# Provided data
=-=-=
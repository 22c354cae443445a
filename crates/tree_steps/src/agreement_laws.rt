//! The laws of trees that agree by their slots, each a function that does nothing and whose contract states it.
ghost use Rattle.tree_steps.specs.AgreementLaws.{AgreementKeepsProcedures, EarlierAgreesAlike, EditsAgree, GoingBackAgrees, GoingBackPastAgrees, LiveSlotsStand, ProceduresStandOutermost, SlotsStandOnce, StandingSlotsLive, EditStepsKeepAgreement};

/// Each live slot stands at one place, in the procedure that encloses it outermost.
pub fn slots_stand()
    ensures live { LiveSlotsStand }
    ensures standing { StandingSlotsLive }
    ensures once { SlotsStandOnce }
    ensures procedure { ProceduresStandOutermost }
{}

/// Trees agree with those from which edits made them. A step keeps an agreement, and so does going back to
/// a tree that agreed, whether it is earlier or later than the one agreed with. What is elided makes no difference.
pub fn agreement_lasts()
    ensures edits { EditsAgree }
    ensures steps { EditStepsKeepAgreement }
    ensures back { GoingBackAgrees }
    ensures past { GoingBackPastAgrees }
    ensures elision { EarlierAgreesAlike }
    ensures procedures { AgreementKeepsProcedures }
{}
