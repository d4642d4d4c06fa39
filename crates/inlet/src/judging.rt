// The steps of a slave that its profile judges.
ghost use Rattle.std.specs.Prelude.{◌≡◌};
ghost use Rattle.frame.specs.Reading.{padded};
ghost use Rattle.shared_end.specs.Outcomes.{Comes};
ghost use Rattle.inlet.specs.Steps.{first_data};
ghost use Rattle.inlet.specs.Outcomes.{limits, judgement, next_parameter};

use crate::{Inlet, Limits};
use faults::fault::Fault;
use faults::state::State;
use frame::command::Command;
use profile::Profile;
use shared_end::link::Link;
use shared_end::step::{Act, Step};

impl Inlet {
    // The next piece of the parameter block, which has 6 octets and the profile's user octets.
    pub fn next_parameter<P: Profile>(
        &mut self,
        link: &mut Link,
        octets: &[u8],
        body: &[u8],
    ) -> Result<Step, Fault>
        ensures { Comes (next_parameter P.Profile link.old self.old octets.now (padded body.now)) link.old self.old result link.new self.new }
    {
        let total = 6 + usize::from(P::USER_OCTETS);
        self.next_piece(
            link,
            State::Parameter,
            Command::Parameter,
            total,
            octets,
            body,
        )
    }

    // The first data frame: the profile judges the parameter block.
    pub fn judged_data<P: Profile>(
        &self,
        link: &mut Link,
        octets: &[u8],
        act: Act,
        profile: &P,
    ) -> Result<Step, Fault>
        ensures { Comes (first_data link.old self.now octets.now (limits P.Profile) (judgement P.Profile self.now) act) link.old self.now result link.new self.now }
    {
        let limits = Limits {
            user_octets: P::USER_OCTETS,
            lowest: P::LOWEST_WATCHDOG,
            highest: P::HIGHEST_WATCHDOG,
        };
        self.first_data(link, octets, act, limits, self.judgement(profile))
    }

    // The fault that the profile's verdict on the stored user octets is: an answer, which fails nothing yet.
    fn judgement<P: Profile>(&self, profile: &P) -> Option<Fault>
        ensures { result ≡ judgement P.Profile self.now }
    {
        let count = usize::from(P::USER_OCTETS);
        profile.verdict(&self.block[6..6 + count]).fault()
    }
}
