// The steps of a slave, one function for each.
// `octets` is the whole frame and `body` what its kind borrows of it. `Received` is no plainer: it has a data length of its own, and
// each contract would have to ask that this is the link's.
ghost use Rattle.std.specs.Prelude.{◌≡◌, ◌≤◌};
ghost use Rattle.std.specs.Result.{result_err};
ghost use Rattle.faults.specs.declared.state.State.TheVariants as state;
ghost use Rattle.frame.specs.Reading.{padded};
ghost use Rattle.frame.specs.declared.command.Command.TheVariants as command;
ghost use Rattle.shared_end.specs.Outcomes.{Comes};
ghost use Rattle.inlet.specs.Pending.{StartsAnew, KeepsStored, PassesTicks};
ghost use Rattle.inlet.specs.Storing.{word};
ghost use Rattle.inlet.specs.Steps.{Answered, first_connection, next_piece, first_parameter, Opens, reset_taken, session_taken, data_taken, next_data, parameter_fault, first_data};

use crate::{Inlet, Limits};
use faults::fault::Fault;
use faults::state::State;
use frame::command::Command;
use frame::received::data_of;
use shared_end::link::{Link, numbered, reset_frame};
use shared_end::step::{Act, Step};

impl Inlet {
    // The first piece of the connection block. Its ID is kept.
    pub fn first_connection(
        &mut self,
        link: &mut Link,
        octets: &[u8],
        body: &[u8],
    ) -> Result<Step, Fault>
        ensures step { Comes (first_connection link.old self.old octets.now (padded body.now)) link.old self.old result link.new self.new }
        ensures anew { StartsAnew link.old self.old octets.now (padded body.now) }
        ensures ticks { PassesTicks (λ l. first_connection l self.old octets.now (padded body.now)) link.old }
    {
        let piece = data_of(body);
        let id = link.id_in(octets);
        if id == 0 || id != u16::from_le_bytes([piece[0], piece[1]]) {
            return Err(Fault::InvalidConnectionId);
        }
        link.take(octets)?;
        self.id = id;
        Ok(self.answer(link, State::Connection, Command::Connection, 0, &piece))
    }

    // The next piece of the connection block, which has 4 octets.
    pub fn next_connection(
        &mut self,
        link: &mut Link,
        octets: &[u8],
        body: &[u8],
    ) -> Result<Step, Fault>
        ensures { Comes (next_piece link.old self.old octets.now state.Connection command.Connection 4 (padded body.now)) link.old self.old result link.new self.new }
    {
        self.next_piece(
            link,
            State::Connection,
            Command::Connection,
            4,
            octets,
            body,
        )
    }

    // The next piece of a block of so many octets.
    pub fn next_piece(
        &mut self,
        link: &mut Link,
        state: State,
        command: Command,
        total: usize,
        octets: &[u8],
        body: &[u8],
    ) -> Result<Step, Fault>
        requires { total ≤ 32 }
        ensures step { Comes (next_piece link.old self.old octets.now state command total (padded body.now)) link.old self.old result link.new self.new }
        ensures ticks { PassesTicks (λ l. next_piece l self.old octets.now state command total (padded body.now)) link.old }
    {
        if self.stored >= total {
            return Err(Fault::InvalidCommand);
        }
        link.check_id(octets, self.id)?;
        link.take(octets)?;
        Ok(self.answer(link, state, command, self.stored, &data_of(body)))
    }

    // The first piece of the parameter block.
    pub fn first_parameter(
        &mut self,
        link: &mut Link,
        octets: &[u8],
        body: &[u8],
    ) -> Result<Step, Fault>
        ensures step { Comes (first_parameter link.old self.old octets.now (padded body.now)) link.old self.old result link.new self.new }
        ensures ticks { PassesTicks (λ l. first_parameter l self.old octets.now (padded body.now)) link.old }
    {
        if self.stored < 4 {
            return Err(Fault::InvalidCommand);
        }
        link.check_id(octets, self.id)?;
        if self.number_at(2) != self.address {
            return Err(Fault::InvalidAddress);
        }
        link.take(octets)?;
        Ok(self.answer(
            link,
            State::Parameter,
            Command::Parameter,
            0,
            &data_of(body),
        ))
    }

    // A Reset frame.
    pub fn take_reset(&self, link: &mut Link, octets: &[u8]) -> Result<Step, Fault>
        ensures step { Comes (reset_taken link.old self.now octets.now) link.old self.now result link.new self.now }
        ensures stored { KeepsStored (λ x. reset_taken link.old x octets.now) self.now }
        ensures ticks { PassesTicks (λ l. reset_taken l self.now octets.now) link.old }
    {
        let _opened = opened(link, octets)?;
        link.freshen();
        Ok(Step {
            state: State::Reset,
            act: Act::Clear,
            reply: reset_frame(link.size, 0),
        })
    }

    // A Session frame. It is answered by a Session frame with the slave's session number.
    pub fn take_session(&self, link: &mut Link, octets: &[u8], session: u16) -> Result<Step, Fault>
        ensures step { Comes (session_taken link.old self.now octets.now session) link.old self.now result link.new self.now }
        ensures stored { KeepsStored (λ x. session_taken link.old x octets.now session) self.now }
        ensures ticks { PassesTicks (λ l. session_taken l self.now octets.now session) link.old }
    {
        let mut opened = opened(link, octets)?;
        let reply = opened.write(Command::Session, 0, &numbered(session));
        *link = opened;
        Ok(Step {
            state: State::Session,
            act: Act::Clear,
            reply,
        })
    }

    // A data frame in state Data.
    pub fn next_data(&self, link: &mut Link, octets: &[u8], act: Act) -> Result<Step, Fault>
        ensures { Comes (next_data link.old self.now octets.now act) link.old self.now result link.new self.now }
    {
        link.check_id(octets, self.id)?;
        let watchdog = link.watchdog;
        self.take_data(link, octets, act, watchdog)
    }

    // The first data frame, for a profile with these numbers and this verdict on the user octets.
    pub fn first_data(
        &self,
        link: &mut Link,
        octets: &[u8],
        act: Act,
        limits: Limits,
        verdict: Option<Fault>,
    ) -> Result<Step, Fault>
        ensures step { Comes (first_data link.old self.now octets.now limits verdict act) link.old self.now result link.new self.now }
        ensures ticks { PassesTicks (λ l. first_data l self.now octets.now limits verdict act) link.old }
    {
        self.check_parameters(link, octets, limits, verdict)?;
        self.take_data(link, octets, act, self.number_at(2))
    }

    // Whether the parameter block is in order.
    fn check_parameters(
        &self,
        link: &Link,
        octets: &[u8],
        limits: Limits,
        verdict: Option<Fault>,
    ) -> Result<(), Fault>
        ensures { result_err result ≡ parameter_fault link.now self.now octets.now limits verdict }
    {
        if self.stored < 6 + usize::from(limits.user_octets) {
            return Err(Fault::InvalidCommand);
        }
        link.check_id(octets, self.id)?;
        if self.number_at(0) != 2 {
            return Err(Fault::InvalidParameterLength);
        }
        if !(limits.lowest..=limits.highest).contains(&self.number_at(2)) {
            return Err(Fault::InvalidWatchdog);
        }
        if self.number_at(4) != limits.user_octets {
            return Err(Fault::InvalidUserLength);
        }
        match verdict {
            Some(fault) => Err(fault),
            None => Ok(()),
        }
    }

    // A data frame that is right is answered by a data frame, which starts the watchdog time.
    fn take_data(
        &self,
        link: &mut Link,
        octets: &[u8],
        act: Act,
        watchdog: u16,
    ) -> Result<Step, Fault>
        ensures { Comes (data_taken link.old self.now octets.now act watchdog) link.old self.now result link.new self.now }
    {
        link.take(octets)?;
        link.watchdog = watchdog;
        let reply = link.write_data(self.id);
        Ok(Step {
            state: State::Data,
            act,
            reply,
        })
    }

    // The two-octet number that begins at a place of the block.
    fn number_at(&self, at: usize) -> u16
        requires { at ≤ 32 }
        ensures { result ≡ word self.now.block at }
    {
        u16::from_le_bytes([self.block[at], self.block[at + 1]])
    }

    // Stores a piece from there on, and answers it by its own octets.
    fn answer(
        &mut self,
        link: &mut Link,
        state: State,
        command: Command,
        at: usize,
        piece: &[u8; 32],
    ) -> Step
        requires { at ≤ 32 }
        ensures { Answered link.old self.old state command at piece.now result link.new self.new }
    {
        let d = link.size.octets();
        self.block[at..at + d].copy_from_slice(&piece[0..d]);
        self.stored = at + d;
        let reply = link.write(command, self.id, piece);
        Step {
            state,
            act: Act::Keep,
            reply,
        }
    }
}

// The link after a frame that is right by fresh numbers.
fn opened(link: &Link, octets: &[u8]) -> Result<Link, Fault>
    ensures { Opens link.now octets.now result }
{
    let mut link = *link;
    link.freshen();
    link.take(octets)?;
    Ok(link)
}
=-=-=
# What to work on
Which lines in the material contain the word "EditsAgree"? Pull each of them out.

# Answer space
ghost use Rattle.tree_steps.specs.AgreementLaws.{AgreementKeepsProcedures, EarlierAgreesAlike, EditsAgree, GoingBackAgrees, GoingBackPastAgrees, LiveSlotsStand, ProceduresStandOutermost, SlotsStandOnce, StandingSlotsLive, EditStepsKeepAgreement};
    ensures edits { EditsAgree }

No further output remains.